» **YOUR TASK**
Please copy each line below that contains the word "Rattle".

» **EXERCISE MATERIAL**
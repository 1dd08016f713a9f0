// What is wrong with a `data_` table by itself.
ghost use Rattle.std.specs.Prelude.{◌≡◌, ◌++◌, [], ◌∷◌, None, codes, if◌then◌else◌, length, map, option_copied, take};
ghost use Rattle.prepared_spec.specs.Plans.{table_named as table_named_in};
ghost use Rattle.prepared_spec.specs.DataTables.{begins_with as begins_with_of, column_names, first_fault, index_names, meaning_fault, over as over_of, table_fault, text_fault};
ghost use Rattle.rbu_input.specs.Tables.{Tells, column_missing, column_unknown, later_faults, layout_faults, meanings_faults, names_over, own_faults, rowid_missing, table_at};

use crate::fault::InputError;
use crate::layout::has_column;
use database_spec::{Catalog, Entry, NamedEntry};
use prepared_spec::InputFault;
use rbu_value::Bytes;
use refusal::Measure;
use schema_spec::{Column, Index, SqlFault, Table};
use schema_tokens::same_name;
use std::alloc::Global;

/// The first so many bytes of a text, or all.
pub(crate) fn front(text: &[u8], count: usize) -> &[u8]
    ensures { result.now ≡ take count text.now }
{
    if text.len() <= count {
        return text;
    }
    &text[..count]
}

/// Whether a name begins with a word, where the case of ASCII letters does not count.
fn begins_with(word: &[u8], name: &[u8]) -> bool
    ensures { result ≡ begins_with_of word.now name.now }
{
    same_name(front(name, word.len()), word)
}

/// The first table of the name.
pub(crate) fn table_named<'a>(tables: &'a [NamedEntry], name: &[u8]) -> Option<&'a NamedEntry>
    ensures { option_copied result ≡ table_named_in name.now tables.now }
{
    let mut left = tables;
    while let [named, rest @ ..] = left {
        if same_name(named.name.as_slice(), name) {
            return Some(named);
        }
        left = rest;
    }
    None
}

/// The table that a `data_` table is for, by the name that stands in its own.
pub fn find_target<'a>(catalog: &'a Catalog, name: &[u8]) -> Option<&'a NamedEntry>
    ensures { option_copied result ≡ (if begins_with_of (codes "sqlite_") name.now then None else table_named_in name.now catalog.now.tables) }
{
    if begins_with(b"sqlite_", name) {
        return None;
    }
    table_named(catalog.tables.as_slice(), name)
}

// Refuses a text under a name.
fn check_text(alloc: Global, name: &[u8], fault: SqlFault) -> Result<(), InputError>
    ensures { Tells (text_fault name.now fault) result }
{
    match fault {
        SqlFault::SqlSyntax { offset } => {
            let table = Bytes::of(alloc, name)?;
            Err(InputError::Refused(InputFault::SqlSyntax { table, offset }))
        }
        SqlFault::OutsideProfile { clause } => {
            let table = Bytes::of(alloc, name)?;
            Err(InputError::Refused(InputFault::OutsideProfile { table, clause }))
        }
        SqlFault::Memory(_) => Ok(()),
    }
}

fn check_meaning(
    alloc: Global,
    name: &[u8],
    meaning: &Result<Table, SqlFault>,
) -> Result<(), InputError>
    ensures { Tells (meaning_fault name.now meaning.now) result }
{
    match meaning {
        Ok(_) => Ok(()),
        Err(fault) => check_text(alloc, name, *fault),
    }
}

fn check_index_meaning(
    alloc: Global,
    name: &[u8],
    meaning: &Result<Index, SqlFault>,
) -> Result<(), InputError>
    ensures { Tells (meaning_fault name.now meaning.now) result }
{
    match meaning {
        Ok(_) => Ok(()),
        Err(fault) => check_text(alloc, name, *fault),
    }
}

fn check_index_meanings(
    alloc: Global,
    name: &[u8],
    indexes: &[(u32, Result<Index, SqlFault>)],
) -> Result<(), InputError>
    ensures { Tells (first_fault (map (λ index. meaning_fault name.now index.1) indexes.now)) result }
{
    let mut left = indexes;
    while let [index, rest @ ..] = left {
        match check_index_meaning(alloc, name, &index.1) {
            Ok(()) => {}
            Err(fault) => return Err(fault),
        }
        left = rest;
    }
    Ok(())
}

// Refuses what is over a limit.
fn check_limit(what: Measure, limit: u64, has: usize) -> Result<(), InputError>
    ensures { Tells (over_of what limit has) result }
{
    if has as u64 > limit {
        return Err(InputError::Refused(InputFault::TooMuch {
            what,
            has: has as u64,
            limit,
        }));
    }
    Ok(())
}

fn check_index_names(indexes: &[(u32, Result<Index, SqlFault>)]) -> Result<(), InputError>
    ensures { Tells (first_fault (names_over (index_names indexes.now))) result }
{
    let mut left = indexes;
    while let [index, rest @ ..] = left {
        if let Ok(index) = &index.1 {
            match check_limit(Measure::Name, 255, index.name.as_slice().len()) {
                Ok(()) => {}
                Err(fault) => return Err(fault),
            }
        }
        left = rest;
    }
    Ok(())
}

// Refuses a `data_` table that lacks a column.
fn check_column(alloc: Global, source: &[u8], own: &Table, name: &[u8]) -> Result<(), InputError>
    ensures { Tells (column_missing source.now own.now name.now) result }
{
    if has_column(own, name) {
        return Ok(());
    }
    let table = Bytes::of(alloc, source)?;
    let column = Bytes::of(alloc, name)?;
    Err(InputError::Refused(InputFault::ColumnMissing { table, column }))
}

fn check_columns(
    alloc: Global,
    source: &[u8],
    own: &Table,
    columns: &[Column],
) -> Result<(), InputError>
    ensures { Tells (first_fault (map (column_missing source.now own.now) (map (λ column. column.name) columns.now))) result }
{
    let mut left = columns;
    while let [column, rest @ ..] = left {
        match check_column(alloc, source, own, column.name.as_slice()) {
            Ok(()) => {}
            Err(fault) => return Err(fault),
        }
        left = rest;
    }
    Ok(())
}

// Refuses a `data_` table without rowids for a target without a PRIMARY KEY.
fn check_rowid(alloc: Global, source: &[u8], target: &Table, own: &Table) -> Result<(), InputError>
    ensures { Tells (rowid_missing source.now target.now own.now) result }
{
    if !target.key.as_slice().is_empty() || has_column(own, b"rbu_rowid") {
        return Ok(());
    }
    let table = Bytes::of(alloc, source)?;
    Err(InputError::Refused(InputFault::RowidMissing { table }))
}

// Refuses a column that is neither the target's nor RBU's.
fn check_own_column(
    alloc: Global,
    source: &[u8],
    target: &Table,
    name: &[u8],
) -> Result<(), InputError>
    ensures { Tells (column_unknown source.now target.now name.now) result }
{
    if has_column(target, name) || begins_with(b"rbu_", name) {
        return Ok(());
    }
    let table = Bytes::of(alloc, source)?;
    let column = Bytes::of(alloc, name)?;
    Err(InputError::Refused(InputFault::ColumnUnknown { table, column }))
}

fn check_own_columns(
    alloc: Global,
    source: &[u8],
    target: &Table,
    columns: &[Column],
) -> Result<(), InputError>
    ensures { Tells (first_fault (map (column_unknown source.now target.now) (map (λ column. column.name) columns.now))) result }
{
    let mut left = columns;
    while let [column, rest @ ..] = left {
        match check_own_column(alloc, source, target, column.name.as_slice()) {
            Ok(()) => {}
            Err(fault) => return Err(fault),
        }
        left = rest;
    }
    Ok(())
}

// Refuses names that are too long: those of indexes, and then the `data_` table's.
fn check_other_names(
    indexes: &[(u32, Result<Index, SqlFault>)],
    source: &[u8],
) -> Result<(), InputError>
    ensures { Tells (first_fault (names_over (index_names indexes.now ++ source.now ∷ []))) result }
{
    match check_index_names(indexes) {
        Ok(()) => {}
        Err(fault) => return Err(fault),
    }
    check_limit(Measure::Name, 255, source.len())
}

// The same of the target's name, and of these.
fn check_names(named: &NamedEntry, source: &[u8]) -> Result<(), InputError>
    ensures { Tells (first_fault (names_over (named.now.name ∷ (index_names named.now.entry.indexes ++ source.now ∷ [])))) result }
{
    match check_limit(Measure::Name, 255, named.name.as_slice().len()) {
        Ok(()) => {}
        Err(fault) => return Err(fault),
    }
    check_other_names(named.entry.indexes.as_slice(), source)
}

// Refuses a `data_` table that lacks a column of the target or `rbu_control`.
fn check_all_columns(
    alloc: Global,
    source: &[u8],
    target: &Table,
    own: &Table,
) -> Result<(), InputError>
    ensures { Tells (first_fault (map (column_missing source.now own.now) (column_names target.now ++ codes "rbu_control" ∷ []))) result }
{
    match check_columns(alloc, source, own, target.columns.as_slice()) {
        Ok(()) => {}
        Err(fault) => return Err(fault),
    }
    check_column(alloc, source, own, b"rbu_control")
}

// Refuses a `data_` table by its columns: those that are missing, then rowids, then those that are unknown.
fn check_own(alloc: Global, source: &[u8], target: &Table, own: &Table) -> Result<(), InputError>
    ensures { Tells (first_fault (own_faults source.now target.now own.now)) result }
{
    match check_all_columns(alloc, source, target, own) {
        Ok(()) => {}
        Err(fault) => return Err(fault),
    }
    match check_rowid(alloc, source, target, own) {
        Ok(()) => {}
        Err(fault) => return Err(fault),
    }
    check_own_columns(alloc, source, target, own.columns.as_slice())
}

// Refuses a `data_` table by the limits and its columns.
fn check_layout(
    alloc: Global,
    source: &[u8],
    named: &NamedEntry,
    target: &Table,
    own: &Table,
) -> Result<(), InputError>
    ensures { Tells (first_fault (layout_faults source.now named.now target.now own.now)) result }
{
    match check_limit(Measure::Columns, 200, target.columns.as_slice().len()) {
        Ok(()) => {}
        Err(fault) => return Err(fault),
    }
    match check_limit(Measure::Indexes, 64, named.entry.indexes.as_slice().len()) {
        Ok(()) => {}
        Err(fault) => return Err(fault),
    }
    match check_names(named, source) {
        Ok(()) => {}
        Err(fault) => return Err(fault),
    }
    check_own(alloc, source, target, own)
}

// The same where both texts are read.
fn check_meanings(
    alloc: Global,
    source: &[u8],
    named: &NamedEntry,
    meaning: &Result<Table, SqlFault>,
    own: &Result<Table, SqlFault>,
) -> Result<(), InputError>
    ensures { Tells (first_fault (meanings_faults source.now named.now meaning.now own.now)) result }
{
    match meaning {
        Ok(target) => match own {
            Ok(own) => check_layout(alloc, source, named, target, own),
            Err(_) => Ok(()),
        },
        Err(_) => Ok(()),
    }
}

// Refuses the `data_` table's own text, and then as above.
fn check_own_text(
    alloc: Global,
    source: &[u8],
    named: &NamedEntry,
    own: &Result<Table, SqlFault>,
) -> Result<(), InputError>
    ensures { Tells (first_fault (meaning_fault source.now own.now ∷ meanings_faults source.now named.now named.now.entry.meaning own.now)) result }
{
    match check_meaning(alloc, source, own) {
        Ok(()) => {}
        Err(fault) => return Err(fault),
    }
    check_meanings(alloc, source, named, &named.entry.meaning, own)
}

// Refuses the texts of a target's indexes, and then as above.
fn check_later_texts(
    alloc: Global,
    source: &[u8],
    named: &NamedEntry,
    own: &Result<Table, SqlFault>,
) -> Result<(), InputError>
    ensures { Tells (first_fault (later_faults source.now named.now own.now)) result }
{
    match check_index_meanings(alloc, named.name.as_slice(), named.entry.indexes.as_slice()) {
        Ok(()) => {}
        Err(fault) => return Err(fault),
    }
    check_own_text(alloc, source, named, own)
}

// Refuses a `data_` table by the texts of its target, of the target's indexes and of itself, and then by the limits and its columns.
fn check_texts(
    alloc: Global,
    source: &[u8],
    named: &NamedEntry,
    own: &Result<Table, SqlFault>,
) -> Result<(), InputError>
    ensures { Tells (first_fault (meaning_fault named.now.name named.now.entry.meaning ∷ later_faults source.now named.now own.now)) result }
{
    match check_meaning(alloc, named.name.as_slice(), &named.entry.meaning) {
        Ok(()) => {}
        Err(fault) => return Err(fault),
    }
    check_later_texts(alloc, source, named, own)
}

/// Refuses what is wrong with a `data_` table by itself: a target that is missing, texts, limits, and columns.
pub fn check_table(
    alloc: Global,
    catalog: &Catalog,
    source: &[u8],
    target: &[u8],
    entry: &Entry,
) -> Result<(), InputError>
    ensures { Tells (table_fault catalog.now (table_at source.now target.now entry.now)) result }
{
    match find_target(catalog, target) {
        Some(named) => check_texts(alloc, source, named, &entry.meaning),
        None => {
            let name = Bytes::of(alloc, target)?;
            Err(InputError::Refused(InputFault::NoTarget { name }))
        }
    }
}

» **TASK RESPONSE**
ghost use Rattle.std.specs.Prelude.{◌≡◌, ◌++◌, [], ◌∷◌, None, codes, if◌then◌else◌, length, map, option_copied, take};
ghost use Rattle.prepared_spec.specs.Plans.{table_named as table_named_in};
ghost use Rattle.prepared_spec.specs.DataTables.{begins_with as begins_with_of, column_names, first_fault, index_names, meaning_fault, over as over_of, table_fault, text_fault};
ghost use Rattle.rbu_input.specs.Tables.{Tells, column_missing, column_unknown, later_faults, layout_faults, meanings_faults, names_over, own_faults, rowid_missing, table_at};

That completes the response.